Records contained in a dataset
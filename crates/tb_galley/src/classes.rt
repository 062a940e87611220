//! The classes of insertions that a galley declares.

use crate::vectors::push_at;
use std::alloc::{AllocError, Global};
use std::marker::Model;
use tb_param::Rule;
use tb_scaled::Glue;

/// A class of insertions that a galley declares, from version 2 on.
#[derive(Clone, Copy)]
pub struct ClassLine {
    /// The number of its line, from 1.
    pub line: u32,
    /// The number of the class, from 0 to 253.
    pub number: u8,
    /// How many thousandths of an insertion's height count against the page's goal, from 0 to 10000.
    pub factor: i64,
    /// The greatest height of its insertions on a page, in sp; from 0 to 1073741823.
    pub limit: i64,
    /// Whether its insertions stand below the footnotes, and under which rule, if there is one; from version 3 on.
    pub below: Option<Option<Rule>>,
    /// The glue above its insertions.
    pub skip: Glue,
}

/// The classes of a galley. In contracts it is the list of its [`ClassLine`]s, with rising numbers.
#[derive(Drop)]
pub struct Classes {
    items: Vec<ClassLine>,
}

impl Model for Classes {
    ghost use Rattle.std.specs.Prelude.{List, IsTrue};
    ghost use Rattle.tb_galley.specs.declared.classes.ClassLine.{ClassLine};
    ghost use Rattle.tb_galley.specs.Classes.{do_classes_rise};

    ghost Value = { List ClassLine };

    ghost view = { λ a. a.items.items };

    ghost invariant = { λ a. IsTrue (do_classes_rise a.items.items) };
}

impl Classes {
    ghost use Rattle.std.specs.Prelude.{◌≡◌, ◌<◌, ◌≤◌, ◌↔◌, ◌++◌, ◌∷◌, ◌==◌, [], length, slice_get, IfOk, IfErr, OnOk, OnErr, IsNone};
    ghost use Rattle.std.specs.List.{All};
    ghost use Rattle.std.specs.Option.{option_copied};
    ghost use Rattle.tb_galley.specs.Classes.{with_class, IsAt, IsGapFor};

    /// No classes. It takes no memory.
    pub fn new(alloc: Global) -> Classes
        ensures { result ≡ [] }
    {
        Classes {
            items: Vec::new(alloc),
        }
    }

    /// Adds one at the end, whose number is greater than all those before it. If memory runs out, all is as before.
    pub fn push(&mut self, class: ClassLine) -> Result<(), AllocError>
        requires { All (λ c. c.number < class.number) self.old }
        ensures ok { OnOk result (self.new ≡ self.old ++ class ∷ []) }
        ensures err { OnErr result (self.new ≡ self.old) }
    {
        push_at(&mut self.items, class)
    }

    /// Adds one at the place of its number; it replaces one that has this number. If memory runs out, all is as before.
    pub(crate) fn declare(&mut self, class: ClassLine) -> Result<(), AllocError>
        ensures ok { OnOk result (self.new ≡ with_class class self.old) }
        ensures err { OnErr result (self.new ≡ self.old) }
    {
        match self.search(class.number) {
            Ok(place) => {
                self.items[place] = class;
                Ok(())
            }
            Err(place) => Ok(self.items.insert(place, class)?),
        }
    }

    // The place of the class of this number, or the place where it would go.
    fn search(&self, number: u8) -> Result<usize, usize>
        ensures found { IfOk result (IsAt self.now number) }
        ensures absent { IfErr result (IsGapFor self.now number) }
    {
        self.items
            .binary_search_by_key(&number, |class| class.number)
    }

    /// How many there are.
    pub fn len(&self) -> usize
        ensures { result ≡ length self.now }
    {
        self.items.len()
    }

    /// Whether there are none.
    pub fn is_empty(&self) -> bool
        ensures { result ≡ (length self.now == 0) }
    {
        self.items.is_empty()
    }

    /// The one at this place, counted from 0, or `None` exactly if there are no more than `place`.
    pub fn get(&self, place: usize) -> Option<&ClassLine>
        ensures value { option_copied result ≡ slice_get self.now place }
        ensures none { IsNone result ↔ (length self.now ≤ place) }
    {
        self.items.as_slice().get(place)
    }

    /// All of them in order.
    pub fn as_slice(&self) -> &[ClassLine]
        ensures { result.now ≡ self.now }
    {
        self.items.as_slice()
    }
}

Requirement:
Output all of the records, keeping every word exact.

Task response:
filename crates/tb_galley/src/classes.rt
repository 062a940e87611220
//! The classes of insertions that a galley declares.

use crate::vectors::push_at;
use std::alloc::{AllocError, Global};
use std::marker::Model;
use tb_param::Rule;
use tb_scaled::Glue;

/// A class of insertions that a galley declares, from version 2 on.
#[derive(Clone, Copy)]
pub struct ClassLine {
    /// The number of its line, from 1.
    pub line: u32,
    /// The number of the class, from 0 to 253.
    pub number: u8,
    /// How many thousandths of an insertion's height count against the page's goal, from 0 to 10000.
    pub factor: i64,
    /// The greatest height of its insertions on a page, in sp; from 0 to 1073741823.
    pub limit: i64,
    /// Whether its insertions stand below the footnotes, and under which rule, if there is one; from version 3 on.
    pub below: Option<Option<Rule>>,
    /// The glue above its insertions.
    pub skip: Glue,
}

/// The classes of a galley. In contracts it is the list of its [`ClassLine`]s, with rising numbers.
#[derive(Drop)]
pub struct Classes {
    items: Vec<ClassLine>,
}

impl Model for Classes {
    ghost use Rattle.std.specs.Prelude.{List, IsTrue};
    ghost use Rattle.tb_galley.specs.declared.classes.ClassLine.{ClassLine};
    ghost use Rattle.tb_galley.specs.Classes.{do_classes_rise};

    ghost Value = { List ClassLine };

    ghost view = { λ a. a.items.items };

    ghost invariant = { λ a. IsTrue (do_classes_rise a.items.items) };
}

impl Classes {
    ghost use Rattle.std.specs.Prelude.{◌≡◌, ◌<◌, ◌≤◌, ◌↔◌, ◌++◌, ◌∷◌, ◌==◌, [], length, slice_get, IfOk, IfErr, OnOk, OnErr, IsNone};
    ghost use Rattle.std.specs.List.{All};
    ghost use Rattle.std.specs.Option.{option_copied};
    ghost use Rattle.tb_galley.specs.Classes.{with_class, IsAt, IsGapFor};

    /// No classes. It takes no memory.
    pub fn new(alloc: Global) -> Classes
        ensures { result ≡ [] }
    {
        Classes {
            items: Vec::new(alloc),
        }
    }

    /// Adds one at the end, whose number is greater than all those before it. If memory runs out, all is as before.
    pub fn push(&mut self, class: ClassLine) -> Result<(), AllocError>
        requires { All (λ c. c.number < class.number) self.old }
        ensures ok { OnOk result (self.new ≡ self.old ++ class ∷ []) }
        ensures err { OnErr result (self.new ≡ self.old) }
    {
        push_at(&mut self.items, class)
    }

    /// Adds one at the place of its number; it replaces one that has this number. If memory runs out, all is as before.
    pub(crate) fn declare(&mut self, class: ClassLine) -> Result<(), AllocError>
        ensures ok { OnOk result (self.new ≡ with_class class self.old) }
        ensures err { OnErr result (self.new ≡ self.old) }
    {
        match self.search(class.number) {
            Ok(place) => {
                self.items[place] = class;
                Ok(())
            }
            Err(place) => Ok(self.items.insert(place, class)?),
        }
    }

    // The place of the class of this number, or the place where it would go.
    fn search(&self, number: u8) -> Result<usize, usize>
        ensures found { IfOk result (IsAt self.now number) }
        ensures absent { IfErr result (IsGapFor self.now number) }
    {
        self.items
            .binary_search_by_key(&number, |class| class.number)
    }

    /// How many there are.
    pub fn len(&self) -> usize
        ensures { result ≡ length self.now }
    {
        self.items.len()
    }

    /// Whether there are none.
    pub fn is_empty(&self) -> bool
        ensures { result ≡ (length self.now == 0) }
    {
        self.items.is_empty()
    }

    /// The one at this place, counted from 0, or `None` exactly if there are no more than `place`.
    pub fn get(&self, place: usize) -> Option<&ClassLine>
        ensures value { option_copied result ≡ slice_get self.now place }
        ensures none { IsNone result ↔ (length self.now ≤ place) }
    {
        self.items.as_slice().get(place)
    }

    /// All of them in order.
    pub fn as_slice(&self) -> &[ClassLine]
        ensures { result.now ≡ self.now }
    {
        self.items.as_slice()
    }
}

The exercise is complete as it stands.